By this stage, it is expected that you are familiar with the tutorials Introduction to Simulink, Implementation of a Green Block, 10GbE Interface and are reasonably comfortable with Simulink and basic Python. We will focus here on higher-level design concepts, and will provide you with low-level detail pre-implemented.

Some of this design is similar to that of Wideband_Spectrometer tutorial, so completion of it is recommended.

When doing correlation on a set of antennae we introduce the term baseline. A baseline is the product of the signal from two antennas. We calculate all baselines. For example, if we have 3 antennae, A, B and C, we need to perform correlation across each baseline, AB, AC and BC. We also need to do auto-correlations, which will give us the power in each signal. ie AA, BB, CC. We will see this implemented later.

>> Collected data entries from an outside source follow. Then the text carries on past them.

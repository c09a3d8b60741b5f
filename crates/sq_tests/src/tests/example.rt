// The caller of the library that docs/guide/library.md shows.
use sq_examples::world::move_one_root;

#[test]
fn reads_the_number_that_it_moved(rt: HostRuntime) {
    for number in [i64::MIN, 0, 10, i64::MAX] {
        assert!(rt;
            move_one_root(rt.alloc(), number) == Some(number),
            "{number}"
        );
    }
}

Dish type receivers are typically dual polarized (horizontal and vertical feeds). Each polarization is fed into separate ADC inputs. When correlating these antennae, we differentiate between full Stokes correlation or a half Stokes method. A full Stokes correlator does cross correlation between the different polarizations (i.e. for a given two antennas, A and B, it multiplies the horizontal feed from A with the vertical feed from B and vice-versa). A half stokes correlator only correlates like polarizations with each other, thereby halving the compute requirements.

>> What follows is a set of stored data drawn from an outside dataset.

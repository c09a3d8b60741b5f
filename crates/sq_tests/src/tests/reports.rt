// What is written of a run and of an engine: for the same values the same bytes. The texts and the digests of the charts come from a
// program of its own, by the rules of their layout.
use sha2::{Digest, Sha256};
use sq_plan::PartId;
use sq_report::{
    LinkFigures, Moment, PartFigures, RunFigures, RunningRecord, ServeRecord, Spread, StageStart,
    TimedAnswer, Times, figures_json, status_json, status_text, write_csv, write_figures,
    write_metrics, write_svg,
};
use sq_serving::ServeMark;
use std::alloc::Global;
use std::test::Fail;

// Two of three jobs are answered, and one of two segments is complete.
const MOMENTS: [Moment; 3] = [
    Moment {
        micros: 1_500,
        jobs: 1,
        segments: 0,
        answer: Some(TimedAnswer {
            part: 0,
            id: 7,
            micros_since_post: 1_400,
            waited: None,
        }),
    },
    Moment {
        micros: 2_000,
        jobs: 1,
        segments: 1,
        answer: None,
    },
    Moment {
        micros: 12_345,
        jobs: 2,
        segments: 1,
        answer: Some(TimedAnswer {
            part: 1,
            id: 8,
            micros_since_post: 12_000,
            waited: Some(350),
        }),
    },
];

const ALL: Moment = Moment {
    micros: 20_000,
    jobs: 3,
    segments: 2,
    answer: None,
};

const STAGES: [StageStart; 2] = [
    StageStart {
        stage: 0,
        micros: 0,
    },
    StageStart {
        stage: 1,
        micros: 6_000,
    },
];

const VALUES: &str = "\
milliseconds,jobs,segments,partition,id,microseconds_since_post,waited,microseconds_waited
1.500,1,0,0,7,1400,no,
2.000,1,1,,,,,
12.345,2,1,1,8,12000,yes,350
";

// The digest of the chart.
const CHART: &str = "b55210c7eb74705bc95e101839c67629682bf2c4e79580903de926755efb19b7";

fn digest_of(alloc: Global, text: &[u8]) -> Result<String, Fail> {
    Ok(hex::encode(alloc, Sha256::digest(text))?)
}

#[test]
fn the_course_of_a_run(rt: HostRuntime) -> Result<(), Fail> {
    let mut values = Vec::new(rt.alloc());
    write_csv(&mut values, &MOMENTS)?;
    assert!(rt; values.as_slice() == VALUES.as_bytes());
    let mut chart = Vec::new(rt.alloc());
    write_svg(rt.alloc(), &mut chart, &MOMENTS, &STAGES, ALL)?;
    assert!(rt; digest_of(rt.alloc(), &chart)?.as_str() == CHART);
    Ok(())
}

const LINK: LinkFigures = LinkFigures {
    stage: 1,
    src: 0,
    dst: 12,
    keys: 4_096,
    families: 10,
    rows: 25,
    bytes: 1_400,
    chunks: 3,
};

// At the first partition no job has waited.
const PARTS: [PartFigures; 2] = [
    PartFigures {
        part: 0,
        committed: 20,
        aborted: 1,
        waited: 0,
        answers: Some(Spread {
            median: 10,
            p99: 90,
            longest: 120,
        }),
        waited_answers: None,
        waits: None,
    },
    PartFigures {
        part: 12,
        committed: 7,
        aborted: 2,
        waited: 4,
        answers: Some(Spread {
            median: 11,
            p99: 91,
            longest: 121,
        }),
        waited_answers: Some(Spread {
            median: 60,
            p99: 95,
            longest: 121,
        }),
        waits: Some(Spread {
            median: 40,
            p99: 70,
            longest: 88,
        }),
    },
];

const TABLES: &str = "\
stage  link        root keys    families        rows         bytes      chunks
    1   0 -> 12         4096          10          25          1400           3
partition   committed     aborted      waited
        0          20           1           0
       12           7           2           4
microseconds from post to answer
partition      median   99 of 100     longest
        0          10          90         120
       12          11          91         121
of those that waited
partition      median   99 of 100     longest
       12          60          95         121
microseconds for which these waited for rows
partition      median   99 of 100     longest
       12          40          70          88
milliseconds: reading 1.200, threads 34.005, audits 0.007
";

const FIGURES: &str =
    r#"{"links":[{"bytes":1400,"chunks":3,"dst":12,"families":10,"keys":4096,"rows":25,"src":0,"stage":1}],"microseconds":{"audits":7,"reading":1200,"threads":34005},"partitions":[{"aborted":1,"answers":{"longest":120,"median":10,"p99":90},"committed":20,"partition":0,"waited":0,"waited_answers":null,"waits":null},{"aborted":2,"answers":{"longest":121,"median":11,"p99":91},"committed":7,"partition":12,"waited":4,"waited_answers":{"longest":121,"median":60,"p99":95},"waits":{"longest":88,"median":40,"p99":70}}],"whole":true}"#;

fn figures(alloc: Global) -> Result<RunFigures, Fail> {
    Ok(RunFigures {
        is_whole: true,
        links: Vec::from_slice(alloc, &[LINK])?,
        parts: Vec::from_slice(alloc, &PARTS)?,
        times: Times {
            reading: 1_200,
            threads: 34_005,
            audits: 7,
        },
    })
}

#[test]
fn the_figures_of_a_run(rt: HostRuntime) -> Result<(), Fail> {
    let figures = figures(rt.alloc())?;
    let mut tables = Vec::new(rt.alloc());
    write_figures(&mut tables, &figures)?;
    assert!(rt; tables.as_slice() == TABLES.as_bytes());
    assert!(rt; figures_json(rt.alloc(), &figures)?.as_str() == FIGURES);
    Ok(())
}

const INTERVALS: &str = "\
milliseconds,answered,median,p99,longest,families,bytes,segments
0,1,2500,2500,2500,0,0,0
10,0,,,,3,250,1
20,1,13000,13000,13000,0,0,1
";

const ACCOUNT: &str = "\
jobs: committed 1, aborted 1, longest wait 13000 us
epochs: 2, longest pause 500 us, all pauses 500 us
move: segments 2, families 3, bytes 250, from 5000 to 32000 us, committed 0, aborted 1, longest wait 13000 us
";

const ACCOUNT_JSON: &str =
    r#"{"epochs":{"all_pauses":500,"count":2,"longest_pause":500},"jobs":{"aborted":1,"committed":1,"longest_wait":13000},"moves":[{"began":5000,"bytes":250,"done":32000,"families":3,"jobs":{"aborted":1,"committed":0,"longest_wait":13000},"segments":2}],"whole":true}
"#;

// The digest of the chart of an engine.
const ENGINE_CHART: &str = "ff1ab5e9952d73032f516a62faefd5314996c7d7207cf2d55ee12d9297ecf1ce";

fn offered(part: u8, id: u64) -> ServeMark {
    ServeMark::JobOffered {
        part: PartId::new(part),
        id,
    }
}

fn answered(part: u8, id: u64, is_commit: bool) -> ServeMark {
    ServeMark::JobAnswered {
        part: PartId::new(part),
        id,
        is_commit,
    }
}

// Two epochs with a job in each; while the second is answered two segments move.
fn marks_of_an_engine() -> [(u64, ServeMark); 12] {
    let moved = ServeMark::FamiliesMoved {
        families: 3,
        bytes: 250,
    };
    [
        (100, ServeMark::EpochBegins),
        (1_000, offered(0, 1)),
        (3_500, answered(0, 1, true)),
        (5_000, ServeMark::MoveBegins { segments: 2 }),
        (5_500, ServeMark::EpochEnds),
        (6_000, ServeMark::EpochBegins),
        (12_000, offered(1, 2)),
        (13_000, moved),
        (14_000, ServeMark::SegmentsComplete { complete: 1 }),
        (25_000, answered(1, 2, false)),
        (31_000, ServeMark::SegmentsComplete { complete: 2 }),
        (32_000, ServeMark::MoveEnds),
    ]
}

fn record_of_an_engine(alloc: Global) -> ServeRecord {
    let mut record = ServeRecord::new(alloc);
    for (micros, mark) in &marks_of_an_engine() {
        record.note(*mark, *micros);
    }
    record.end(40_000);
    record
}

#[test]
fn the_record_of_an_engine(rt: HostRuntime) -> Result<(), Fail> {
    let record = record_of_an_engine(rt.alloc());
    let mut text = Vec::new(rt.alloc());
    record.write_timeline(&mut text)?;
    assert!(rt; text.as_slice() == INTERVALS.as_bytes());
    text.clear();
    record.write_account(&mut text)?;
    assert!(rt; text.as_slice() == ACCOUNT.as_bytes());
    text.clear();
    record.write_json(rt.alloc(), &mut text)?;
    assert!(rt; text.as_slice() == ACCOUNT_JSON.as_bytes());
    text.clear();
    record.write_chart(rt.alloc(), &mut text)?;
    assert!(rt; digest_of(rt.alloc(), &text)?.as_str() == ENGINE_CHART);
    Ok(())
}

// The figures of the same engine once it is closed.
const FIGURES_JSON: &str =
    r#"{"aborted":1,"bytes_moved":250,"committed":1,"families_moved":3,"memory_bytes":null,"microseconds":40000,"move":null,"moves_done":1,"open":0,"open_at":[],"pumps":0,"state":"at rest","waits":{"longest":13000,"median":2500,"p99":13000}}"#;

const WAIT_METRICS: &str = "\
# HELP squall_wait_seconds How long jobs waited that were answered in the last second.
# TYPE squall_wait_seconds gauge
squall_wait_seconds{quantile=\"0.5\"} 0.002500
squall_wait_seconds{quantile=\"0.99\"} 0.013000
";

#[test]
fn the_figures_of_an_engine(rt: HostRuntime) -> Result<(), Fail> {
    let mut record = RunningRecord::new(rt.alloc())?;
    for (micros, mark) in &marks_of_an_engine() {
        record.note(*mark, *micros);
    }
    let figures = record.figures(None, None, 40_000)?;
    assert!(rt; status_text(rt.alloc(), &figures)?.as_str() == "");
    assert!(rt; status_json(rt.alloc(), &figures)?.as_str() == FIGURES_JSON);
    let mut text = Vec::new(rt.alloc());
    write_metrics(&mut text, &figures)?;
    let text = String::from_utf8(text).ok().ok_or("it is text")?;
    assert!(rt; text.as_str().contains(WAIT_METRICS));
    Ok(())
}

   Our correlator here is a half Stokes correlator. We will be feeding the similar polarizations of two antennae to the two inputs of the single ADC.

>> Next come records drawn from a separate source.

// The size of a move, in each format.
ghost use Rattle.sq_picture.specs.Asked.{IsAnyText};

use crate::asked::OpeningTelling;
use crate::size_json::sizes_json;
use crate::size_lines::write_lines;
use crate::size_svg::write_picture;
use sq_moves::Opening;
use sq_world::Told;
use std::alloc::Global;
use std::io;
use std::io::Write;

/// The format for the size of a move.
#[derive(Clone, Copy, Debug, PartialEq, Eq)]
pub enum SizesAs {
    /// A line for each reconfiguration range, in key order, one for each segment, one for each
    /// stage, and the line of the sizes that are proposed.
    Lines,
    /// One line with a JSON object, that of what moves with sizes added: `ranges`, `segments`, for
    /// each stage `stage_sizes`, and the sizes that are proposed, `config`.
    Json,
    /// The SVG picture of what moves, with sizes added.
    Svg,
}

impl SizesAs {
    // The text in this format. Fails only if memory runs out.
    fn text(self, alloc: Global, opening: &Opening) -> io::Result<Vec<u8>> {
        let mut text = Vec::new(alloc);
        match self {
            SizesAs::Lines => write_lines(&mut text, opening)?,
            SizesAs::Json => {
                let json = sizes_json(alloc, opening)?;
                writeln!(&mut text, "{json}")?;
            }
            SizesAs::Svg => write_picture(&mut text, opening)?,
        }
        Ok(text)
    }
}

impl OpeningTelling for SizesAs {
    ghost tells = { λ _. IsAnyText };

    fn tell<W: Write>(&self, alloc: Global, writer: &mut W, opening: &Opening) -> io::Result<Told> {
        let Ok(text) = self.text(alloc, opening) else {
            return Ok(Told::NoMemory);
        };
        writer.write_all(&text)?;
        Ok(Told::Written)
    }
}
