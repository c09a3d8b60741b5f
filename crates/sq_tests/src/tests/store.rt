// Commands to a store of each kind, which answers as a finite map by root key does.
use super::fixtures::{family, have, transaction};
use sq_moves::Extent;
use sq_schema::{Family, Reply, Root, RowKey};
use sq_store::{Cut, FamilyStore, SlabStore, StoreAnswer, StoreCommand, VecStore, run_store};
use std::alloc::Global;
use std::test::Fail;

// The low and the high end of extents of which families of at most 64 bytes are taken, one after another, where 4, 7 and 9 stand; the
// root key that is taken (a second one doesn't fit), the end of the cut, and whether that is its last one.
const TAKES: [(u64, u64, Option<u64>, u64, bool); 3] = [
    (4, 9, Some(4), 7, false),
    (7, 9, Some(7), 9, true),
    (7, 9, None, 9, true),
];

// The answer to one command.
fn answer<S: FamilyStore>(
    alloc: Global,
    store: &mut S,
    command: StoreCommand,
) -> Result<StoreAnswer, Fail> {
    let mut commands = Vec::new(alloc);
    commands.push(command)?;
    let mut answers = run_store(alloc, store, commands)?;
    Ok(answers.pop().ok_or("no answer")?)
}

// The command that gives families with one row each.
fn gift(alloc: Global, roots: &[u32]) -> Result<StoreCommand, Fail> {
    let mut families = Vec::new(alloc);
    for root in roots {
        families.push(family(alloc, *root)?)?;
    }
    Ok(StoreCommand::Give(families))
}

// Whether families were put in.
fn are_given(answer: &StoreAnswer) -> bool {
    matches!(answer, StoreAnswer::Given(Ok(())))
}

// Gives families with one row each, and returns whether they were put in.
fn give<S: FamilyStore>(alloc: Global, store: &mut S, roots: &[u32]) -> Result<bool, Fail> {
    let answer = answer(alloc, store, gift(alloc, roots)?)?;
    Ok(are_given(&answer))
}

// A list of commands: three families are given, and then come [`TAKES`].
fn commands(alloc: Global) -> Result<Vec<StoreCommand>, Fail> {
    let mut commands = Vec::new(alloc);
    commands.push(gift(alloc, &[7, 4, 9])?)?;
    for (lo, hi, ..) in &TAKES {
        commands.push(StoreCommand::Take(Extent { lo: *lo, hi: *hi }, 64))?;
    }
    Ok(commands)
}

// Whether a cut is of this family alone, or of none, and ends so.
fn is_cut(cut: &Cut, root: Option<u64>, end: u64, last: bool) -> bool {
    have(&cut.families, root.as_slice()) && cut.end == end && cut.last == last
}

// Whether what is taken by these answers is what [`TAKES`] says.
fn are_taken(answers: &[StoreAnswer]) -> bool {
    for (answer, (_, _, root, end, last)) in answers.iter().zip(&TAKES) {
        match answer {
            StoreAnswer::Taken(Ok(cut)) if is_cut(cut, *root, *end, *last) => {}
            _ => return false,
        }
    }
    answers.len() == TAKES.len()
}

// Whether a list of commands is answered so, one answer for each.
fn answers_a_list<S: FamilyStore>(alloc: Global, store: &mut S) -> Result<bool, Fail> {
    let answers = run_store(alloc, store, commands(alloc)?)?;
    match answers.split_first() {
        Some((given, taken)) => Ok(are_given(given) && are_taken(taken)),
        None => Ok(false),
    }
}

// The root key of the first family from this number on.
fn walk<S: FamilyStore>(store: &S, at: u64) -> Option<u64> {
    Some(store.walk(at)?.root().number())
}

// The family of a root key.
fn get<S: FamilyStore>(store: &S, root: u64) -> Option<&Family> {
    store.get(Root::new(root)?)
}

// The number in the root row of a family that stands.
fn number_of<S: FamilyStore>(store: &S, root: u64) -> Option<i64> {
    Some(get(store, root)?.rows().get(RowKey::ROOT)?.number())
}

// Whether a transaction commits that adds 1 to the number in the root row.
fn adds_one<S: FamilyStore>(alloc: Global, store: &mut S, root: u64) -> Result<bool, Fail> {
    let line = format!(in alloc; "txn 0 1 {root} add 0 0 1")?;
    let txn = transaction(alloc, line.as_str())?;
    let answer = answer(alloc, store, StoreCommand::Apply(txn))?;
    Ok(matches!(answer, StoreAnswer::Applied(Ok(Reply::Committed(_)))))
}

// Whether three families are given and two of them taken, which are given again; and one that stands isn't given.
fn comes_and_goes<S: FamilyStore>(alloc: Global, store: &mut S) -> Result<bool, Fail> {
    let listed = answers_a_list(alloc, store)?;
    let left = walk(store, 0) == Some(9) && walk(store, 10).is_none() && get(store, 7).is_none();
    let given_again = !give(alloc, store, &[7, 9])? && give(alloc, store, &[4, 7])?;
    let stand = walk(store, 0) == Some(4) && walk(store, 5) == Some(7);
    let added = adds_one(alloc, store, 7)? && number_of(store, 7) == Some(50);
    Ok(listed && left && given_again && stand && added)
}

#[test]
fn families_come_and_go(rt: HostRuntime) -> Result<(), Fail> {
    let alloc = rt.alloc();
    assert!(rt; comes_and_goes(alloc, &mut VecStore::new(alloc))?);
    assert!(rt; comes_and_goes(alloc, &mut SlabStore::new(alloc))?);
    Ok(())
}
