//! Which till has locked what, by point.

ghost use Rattle.std.specs.Prelude.{◌≡◌, length};
ghost use Rattle.site_base.specs.declared.limits.TheConstants.{TILL_CELLS};
ghost use Rattle.transaction_buffer.specs.LockedSales.{IsEntered, IsLeft};

use site_base::{FpNo, PointSet, TILL_CELLS, TillNo};

/// The tills that have locked a point's unpaid sales: for each of their two places the till, if one
/// has.
#[derive(Clone, Copy, Debug, PartialEq, Eq)]
pub struct Lockers {
    /// The till that has locked the sale at the one place.
    pub one: Option<TillNo>,
    /// The till that has locked the sale at the other place.
    pub other: Option<TillNo>,
}

/// For each till the points of which it has locked a sale: a set for each of the two places of a
/// point's unpaid sales. The sets of till t are in cell t - 1. They take no memory.
#[derive(Clone, Copy, Debug, Drop)]
pub struct LockedPoints {
    /// The points at which it has locked the sale at the one place.
    pub one: [PointSet; TILL_CELLS],
    /// The points at which it has locked the sale at the other place.
    pub other: [PointSet; TILL_CELLS],
}

impl LockedPoints {
    ghost use Rattle.std.specs.Prelude.{ℕ};
    ghost use Rattle.transaction_buffer.specs.LockedSales.{no_lockers, IsForgotten, IsNoted};
    ghost use Rattle.transaction_buffer.specs.LockedSales.{KeepsOthers};

    /// Returns sets in which no till has locked anything.
    pub fn new() -> Self
        ensures { (p : ℕ) → IsNoted p no_lockers result }
    {
        LockedPoints {
            one: [PointSet::new(); TILL_CELLS],
            other: [PointSet::new(); TILL_CELLS],
        }
    }

    /// Notes that the lockers of the point were `before` and are `after` now.
    pub fn note(&mut self, p: FpNo, before: Lockers, after: Lockers)
        requires { IsNoted p before self.old }
        ensures noted { IsNoted p after self.new }
        ensures others { KeepsOthers p self.old self.new }
    {
        leave(&mut self.one, p, before.one);
        enter(&mut self.one, p, after.one);
        leave(&mut self.other, p, before.other);
        enter(&mut self.other, p, after.other);
    }

    /// Notes that the till has locked nothing any more.
    pub fn forget(&mut self, t: TillNo)
        ensures { IsForgotten t self.old self.new }
    {
        self.one[t.cell()] = PointSet::new();
        self.other[t.cell()] = PointSet::new();
    }
}

/// The point leaves the set of this till, if there is one.
fn leave(sets: &mut [PointSet], p: FpNo, till: Option<TillNo>)
    requires { length sets.old ≡ TILL_CELLS }
    ensures cells { length sets.new ≡ length sets.old }
    ensures left { IsLeft p till sets.old sets.new }
{
    let Some(t) = till else {
        return;
    };
    let place = t.cell();
    let mut set = sets[place];
    set.remove(p);
    sets[place] = set;
}

/// The point enters the set of this till, if there is one.
fn enter(sets: &mut [PointSet], p: FpNo, till: Option<TillNo>)
    requires { length sets.old ≡ TILL_CELLS }
    ensures cells { length sets.new ≡ length sets.old }
    ensures entered { IsEntered p till sets.old sets.new }
{
    let Some(t) = till else {
        return;
    };
    let place = t.cell();
    let mut set = sets[place];
    set.insert(p);
    sets[place] = set;
}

The correlator we will be designing is a 2 antenna single channel correlator i.e it takes the similar polarization from two antenna and correlates the signal, hence we will be populating only one adc board on the ROACH.

Click here for Complete information of Turorial Lab & Setup at Casper Workshop 2011, Pune, India. The lab at the workshop is pre-configured with the CASPER libraries, Matlab and Xilinx tools. If you want to try this tutorial in your lab, please refer the topics : H/W & S/W requirements and SET-UP of Tutorials at WORKSHOP 2011 ,Compiling the Design & Programming on ROACH FPGA and Locations & Files information for the WORKSHOP 2011 wherever applicable in the link Complete information of Turorial Lab & Setup.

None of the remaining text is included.